Винни-Пух объясняет мне, что эссе – это прозаический текст на какую-то конкретную тему, написанный в свободной манере.
– Ты можешь изложить собственные мысли по поводу этих двух романов девятнадцатого века: «Терез Ракен» и «Преступление и наказание». Тема эссе – убийство. Какие причины толкают человека к тому, что он становится убийцей? И все ли убийства одинаково отвратительны?
Я смотрю в пустой блокнот. Наверху на первой странице я пишу большими буквами: «ЭССЕ». Некрасивое слово.
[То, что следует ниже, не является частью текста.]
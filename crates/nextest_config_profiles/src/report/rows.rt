//! What is told of a setting, key by key.

ghost use Rattle.std.specs.Prelude.{◌≡◌, ◌∷◌, ◌↔◌, [], filter, IfOk, IsTrue, option_map};
ghost use Rattle.std.specs.List.{AllZip};
ghost use Rattle.toml.specs.View.{view};
ghost use Rattle.nextest_config_elements.specs.Fields.{absent_of};
ghost use Rattle.nextest_config_profiles.specs.Reach.{words_of};
ghost use Rattle.nextest_config_profiles.specs.Report.Rows.{AreImplied, AreRowsFor, AreRowsOf, AreValueRows, AreWholeRows, at, at_of, has_parts, IsAbsentRow, IsGivenRow, IsGivenState, IsImpliedRow, IsMemberRow, IsFoundMember, is_implied, IsNothingRow, IsSure, IsTakenAway, stands_for_table};
ghost use Rattle.nextest_config_profiles.specs.Report.Setting.{member_of, rule_of};

use crate::report::absent::{is_taken, taken};
use crate::report::faulty::fault_row;
use crate::report::given::Given;
use crate::report::hidden::hidden_rows;
use crate::report::keys::{copy_of, with_key};
use crate::report::last::last_at;
use crate::report::parts::{KeyState, Literal, Row};
use crate::report::remark::remark_of;
use crate::report::setting::KnownSetting;
use crate::report::source::source_of;
use crate::report::written::is_doubted;
use crate::{EffectiveProfile, LayerValue};
use nextest_config_elements::field::{Absent, Field};
use nextest_config_lint::is_converted_at;
use std::alloc::{AllocError, Global};
use toml::Value;

/// A setting, as a profile of a chain gives it.
#[derive(Clone, Copy)]
pub(crate) struct GivenSetting<'s, 'p> {
    pub effective: &'p EffectiveProfile<'p>,
    pub profile: &'p str,
    pub setting: KnownSetting<'s>,
    pub is_judged: bool,
    pub shows_hidden: bool,
}

/// The rows of a setting for which this is given.
pub(crate) fn rows_of<'p>(
    alloc: Global,
    effective: &'p EffectiveProfile<'p>,
    setting: KnownSetting<'_>,
    shows_hidden: bool,
    given: Given<'p>,
) -> Result<Vec<Row<'p>>, AllocError>
    ensures { IfOk result (λ rows.
        AreRowsFor effective.now shows_hidden (rule_of setting.entry) given.entry rows.items) }
{
    match given {
        Given::Value { profile } => {
            value_rows(alloc, effective, setting, shows_hidden, profile, true)
        }
        Given::NotJudged { profile } => {
            value_rows(alloc, effective, setting, shows_hidden, profile, false)
        }
        Given::Fault { profile, fault } => {
            let row = fault_row(alloc, effective, profile, setting, fault)?;
            alone(alloc, row)
        }
        Given::Nothing => {
            let row = nothing_row(alloc, effective, setting)?;
            alone(alloc, row)
        }
    }
}

// A list of one row.
fn alone<'p>(alloc: Global, row: Row<'p>) -> Result<Vec<Row<'p>>, AllocError>
    ensures { IfOk result (λ rows. rows.items ≡ row.entry ∷ []) }
{
    let mut rows = Vec::new(alloc);
    rows.push(row)?;
    Ok(rows)
}

// The row of a setting that no profile gives: the empty text in `default` takes it away, or nothing
// gives it.
fn nothing_row<'p>(
    alloc: Global,
    effective: &'p EffectiveProfile<'p>,
    setting: KnownSetting<'_>,
) -> Result<Row<'p>, AllocError>
    ensures { IfOk result (IsNothingRow effective.now (rule_of setting.entry)) }
{
    let found = last_at(alloc, effective, "default", setting.keys)?;
    let state = taken_away(alloc, effective, setting, found)?;
    bare_row(alloc, copy_of(alloc, setting.keys)?, state)
}

// What is told where this is what the last layer has for `default`.
fn taken_away<'p>(
    alloc: Global,
    effective: &'p EffectiveProfile<'p>,
    setting: KnownSetting<'_>,
    found: Option<LayerValue<'p>>,
) -> Result<KeyState<'p>, AllocError>
    ensures { IfOk result (IsTakenAway effective.now (rule_of setting.entry) found.entry) }
{
    match found {
        Some(found) => {
            let source = source_of(alloc, effective, found.layer, "default", setting.keys)?;
            Ok(KeyState::NoValue(source))
        }
        None => Ok(KeyState::Unset),
    }
}

/// A row that hides nothing.
pub(crate) fn bare_row<'p>(
    alloc: Global,
    keys: Vec<&'p str>,
    state: KeyState<'p>,
) -> Result<Row<'p>, AllocError>
    ensures { IfOk result (λ row.
        (row.keys ≡ keys.entry) × (row.state ≡ state.entry) × (row.hidden.items ≡ [])) }
{
    let hidden = Vec::new(alloc);
    Ok(Row {
        keys,
        state,
        hidden,
    })
}

// The rows of what a profile gives a setting, judged or not: of a table key by key.
fn value_rows<'p>(
    alloc: Global,
    effective: &'p EffectiveProfile<'p>,
    setting: KnownSetting<'_>,
    shows_hidden: bool,
    profile: &'p str,
    is_judged: bool,
) -> Result<Vec<Row<'p>>, AllocError>
    ensures { IfOk result (λ rows. AreValueRows
        (at effective.now shows_hidden (rule_of setting.entry) profile.now is_judged) rows.items) }
{
    let found = last_at(alloc, effective, profile, setting.keys)?;
    let given = GivenSetting {
        effective,
        profile,
        setting,
        is_judged,
        shows_hidden,
    };
    found_rows(alloc, given, found)
}

// The rows of a setting, where this is what the last layer has for it.
fn found_rows<'p>(
    alloc: Global,
    given: GivenSetting<'_, 'p>,
    found: Option<LayerValue<'p>>,
) -> Result<Vec<Row<'p>>, AllocError>
    ensures { IfOk result (λ rows. AreRowsOf (at_of given.entry) found.entry rows.items) }
{
    match found {
        Some(found) if has_parts(given.setting, found.value) => member_rows(alloc, given),
        Some(found) => whole_rows(alloc, given, found),
        None => {
            let keys = copy_of(alloc, given.setting.keys)?;
            let row = bare_row(alloc, keys, KeyState::Unset)?;
            alone(alloc, row)
        }
    }
}

// Whether a value is a table whose keys are told one by one.
fn has_parts(setting: KnownSetting<'_>, value: &Value) -> bool
    ensures { result ≡ has_parts (rule_of setting.entry) (view value.now) }
{
    value.is_table() && !setting.members().is_empty()
}

// The rows of the keys of a table.
fn member_rows<'p>(alloc: Global, given: GivenSetting<'_, 'p>) -> Result<Vec<Row<'p>>, AllocError>
    ensures { IfOk result (λ rows. AllZip (IsMemberRow (at_of given.entry))
        (rule_of given.entry.setting).members rows.items) }
{
    let members = given.setting.members();
    let mut rows = Vec::new(alloc);
    for member in members {
        rows.push(member_row(alloc, given, member)?)?;
    }
    Ok(rows)
}

// The row of a key of a table.
fn member_row<'p>(
    alloc: Global,
    given: GivenSetting<'_, 'p>,
    member: &'static Field,
) -> Result<Row<'p>, AllocError>
    ensures { IfOk result (IsMemberRow (at_of given.entry) (member_of member.now)) }
{
    let keys = with_key(alloc, given.setting.keys, member.key)?;
    let found = last_at(alloc, given.effective, given.profile, keys.as_slice())?;
    let row = found_member(alloc, given, member, keys, found)?;
    Ok(row)
}

// The row of a key of a table, where this is what the last layer has there.
fn found_member<'p>(
    alloc: Global,
    given: GivenSetting<'_, 'p>,
    member: &'static Field,
    keys: Vec<&'p str>,
    found: Option<LayerValue<'p>>,
) -> Result<Row<'p>, AllocError>
    ensures { IfOk result (IsFoundMember (at_of given.entry) (member_of member.now)
        (words_of keys.entry.items) found.entry) }
{
    match found {
        Some(found) => given_row(alloc, given, Some(member.key), keys, found),
        None => absent_row(alloc, given, keys, member.absent),
    }
}

// The row of a value that stands in a layer.
fn given_row<'p>(
    alloc: Global,
    given: GivenSetting<'_, 'p>,
    member: Option<&str>,
    keys: Vec<&'p str>,
    found: LayerValue<'p>,
) -> Result<Row<'p>, AllocError>
    ensures { IfOk result (IsGivenRow (at_of given.entry) (option_map (λ key. key.now) member.entry)
        (words_of keys.entry.items) found.entry) }
{
    let state = given_state(alloc, given, member, keys.as_slice(), found)?;
    let hidden = hidden_rows(alloc, given, keys.as_slice(), found.layer)?;
    Ok(Row {
        keys,
        state,
        hidden,
    })
}

fn given_state<'p>(
    alloc: Global,
    given: GivenSetting<'_, 'p>,
    member: Option<&str>,
    keys: &[&str],
    found: LayerValue<'p>,
) -> Result<KeyState<'p>, AllocError>
    ensures { IfOk result (IsGivenState (at_of given.entry)
        (option_map (λ key. key.now) member.entry) (words_of keys.now) found.entry) }
{
    let source = source_of(alloc, given.effective, found.layer, given.profile, keys)?;
    let remark = remark_of(alloc, given, member, found.value)?;
    let literal = Literal::of(alloc, found.value.clone()?)?;
    if is_sure(alloc, given, keys, found.value)? {
        return Ok(KeyState::Value {
            literal,
            source,
            remark,
        });
    }
    Ok(KeyState::NotJudged { literal, source })
}

// Whether a value is sure: its setting is judged, nextest doesn't convert it, and nothing is wrong
// with it by the documentation.
fn is_sure(
    alloc: Global,
    given: GivenSetting<'_, '_>,
    keys: &[&str],
    value: &Value,
) -> Result<bool, AllocError>
    ensures { IfOk result (λ sure.
        IsTrue sure ↔ IsSure (at_of given.entry) (words_of keys.now) (view value.now)) }
{
    if !given.is_judged || is_converted_at(keys, value) {
        return Ok(false);
    }
    Ok(!is_doubted(alloc, given.setting.field.severity, keys, value)?)
}

// The row of a key that no layer has.
fn absent_row<'p>(
    alloc: Global,
    given: GivenSetting<'_, 'p>,
    keys: Vec<&'p str>,
    absent: Absent,
) -> Result<Row<'p>, AllocError>
    ensures { IfOk result
        (IsAbsentRow (at_of given.entry) (words_of keys.entry.items) (absent_of absent)) }
{
    let state = match taken(alloc, absent)? {
        Some(literal) => KeyState::Default(literal),
        None => KeyState::Unset,
    };
    let layers = given.effective.layer_count();
    let hidden = hidden_rows(alloc, given, keys.as_slice(), layers)?;
    Ok(Row {
        keys,
        state,
        hidden,
    })
}

// The rows of a value that is no table: where a text or a number stands for a table, also those of
// its other keys.
fn whole_rows<'p>(
    alloc: Global,
    given: GivenSetting<'_, 'p>,
    found: LayerValue<'p>,
) -> Result<Vec<Row<'p>>, AllocError>
    ensures { IfOk result (λ rows. AreWholeRows (at_of given.entry) found.entry rows.items) }
{
    let keys = copy_of(alloc, given.setting.keys)?;
    let first = given_row(alloc, given, None, keys, found)?;
    let mut rows = rest_of_table(alloc, given.setting, found.value)?;
    rows.insert(0, first)?;
    Ok(rows)
}

// What a value says of the other keys of the table for which it stands, if it does.
fn rest_of_table<'p>(
    alloc: Global,
    setting: KnownSetting<'_>,
    value: &Value,
) -> Result<Vec<Row<'p>>, AllocError>
    ensures { IfOk result (λ rows.
        AreImplied (stands_for_table (view value.now)) (rule_of setting.entry) rows.items) }
{
    if stands_for_table(value) {
        return implied_rows(alloc, setting);
    }
    Ok(Vec::new(alloc))
}

// Whether the value is a text or a number.
fn stands_for_table(value: &Value) -> bool
    ensures { result ≡ stands_for_table (view value.now) }
{
    matches!(value, Value::String(_) | Value::Integer(_))
}

// The rows of the other keys of a table for which a text or a number stands.
fn implied_rows<'p>(alloc: Global, setting: KnownSetting<'_>) -> Result<Vec<Row<'p>>, AllocError>
    ensures { IfOk result (λ rows. AllZip (IsImpliedRow (rule_of setting.entry).keys)
        (filter is_implied (rule_of setting.entry).members) rows.items) }
{
    let members = setting.members();
    let mut rows = Vec::new(alloc);
    for member in members {
        if is_implied(member) {
            rows.push(implied_row(alloc, setting, member)?)?;
        }
    }
    Ok(rows)
}

// Whether the value in the place of a table says nothing of this key.
fn is_implied(member: &Field) -> bool
    ensures { result ≡ is_implied (member_of member.now) }
{
    !member.required || is_taken(member.absent)
}

// The row of a key of a table for which a text or a number stands.
fn implied_row<'p>(
    alloc: Global,
    setting: KnownSetting<'_>,
    member: &'static Field,
) -> Result<Row<'p>, AllocError>
    ensures { IfOk result (IsImpliedRow (rule_of setting.entry).keys (member_of member.now)) }
{
    let keys = with_key(alloc, setting.keys, member.key)?;
    let state = match taken(alloc, member.absent)? {
        Some(literal) => KeyState::Implied(literal),
        None => KeyState::Unset,
    };
    bare_row(alloc, keys, state)
}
Звучит как какой-то предмет, который старики носят в нагрудном кармане. «У тебя с собой твое эссе, Карл-Густав?»
Для видимости я перелистываю страницы, но на самом деле мне никак не удается сосредоточиться на чтении.
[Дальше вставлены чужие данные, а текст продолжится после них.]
//! Which layer says what of the keys of a profile.

ghost use Rattle.std.specs.Prelude.{IfOk};
ghost use Rattle.nextest_config_profiles.specs.Reach.{words_of};
ghost use Rattle.nextest_config_profiles.specs.Report.Rows.{IsLastAt, IsSourceOf, IsSourceOfFound};

use crate::report::keys::path_in;
use crate::report::parts::Source;
use crate::report::source::source_of;
use crate::{EffectiveProfile, LayerValue};
use std::alloc::{AllocError, Global};

/// What the last layer that says anything of these keys of a profile has there, if that is a value.
pub(crate) fn last_at<'p>(
    alloc: Global,
    effective: &'p EffectiveProfile<'_>,
    profile: &str,
    keys: &[&str],
) -> Result<Option<LayerValue<'p>>, AllocError>
    ensures { IfOk result (IsLastAt effective.now profile.now (words_of keys.now)) }
{
    let path = path_in(alloc, profile, keys)?;
    let found = effective.last_value(alloc, path.as_slice())?;
    Ok(found)
}

/// Where the last layer that says anything of these keys has them, if they have a value.
pub(crate) fn last_source<'p>(
    alloc: Global,
    effective: &'p EffectiveProfile<'_>,
    profile: &'p str,
    keys: &[&str],
) -> Result<Option<Source<'p>>, AllocError>
    ensures { IfOk result (IsSourceOf effective.now profile.now (words_of keys.now)) }
{
    let found = last_at(alloc, effective, profile, keys)?;
    found_source(alloc, effective, profile, keys, found)
}

// Where the last layer has these keys, where this is what it has there.
fn found_source<'p>(
    alloc: Global,
    effective: &'p EffectiveProfile<'_>,
    profile: &'p str,
    keys: &[&str],
    found: Option<LayerValue<'p>>,
) -> Result<Option<Source<'p>>, AllocError>
    ensures { IfOk result
        (IsSourceOfFound effective.now profile.now (words_of keys.now) found.entry) }
{
    match found {
        Some(found) => {
            let source = source_of(alloc, effective, found.layer, profile, keys)?;
            Ok(Some(source))
        }
        None => Ok(None),
    }
}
– Удачи, – произносит Винни-Пух, прежде чем уйти.
Я улыбаюсь и киваю, но тут же откладываю книгу.
Вместо этого я размышляю над идеей Микаэля Блумберга возложить вину на Линду. Альтернативный подозреваемый, как он сказал. Он обсуждал это с мамой. Уверена, что он это сделал. А мама, само собой, переговорила с Аминой.
Я размышляю, как это работает в Швеции. Если существуют двое альтернативных подозреваемых, необходимо доказать – чтобы это не вызывало никаких сомнений, – кто из них что сделал, либо же доказать, что оба могут быть виновны, поэтому ни одного из них нельзя осудить. Мне всегда казалось, что это бред, что с этим надо что-то делать.
Сердце сжимается, когда я думаю об Амине. Как я по ней скучаю! Амина. Мама. Папа.
Вспоминаю то время, когда я была маленькой и папа был лучше всех на свете. Может ли это чувство вернуться? Возможно ли это вообще? Или все безнадежно испорчено?
Может быть, лучше будет, если я расскажу все полиции, чтобы это дерьмо закончилось.
Тут я озираюсь по сторонам. Запах, стены, тоска. Время, застывшее неподвижно, ночи, которые убивают меня. Я не вынесу, я больше не могу! Я бьюсь головой о подушку и кричу. Я должна выйти отсюда!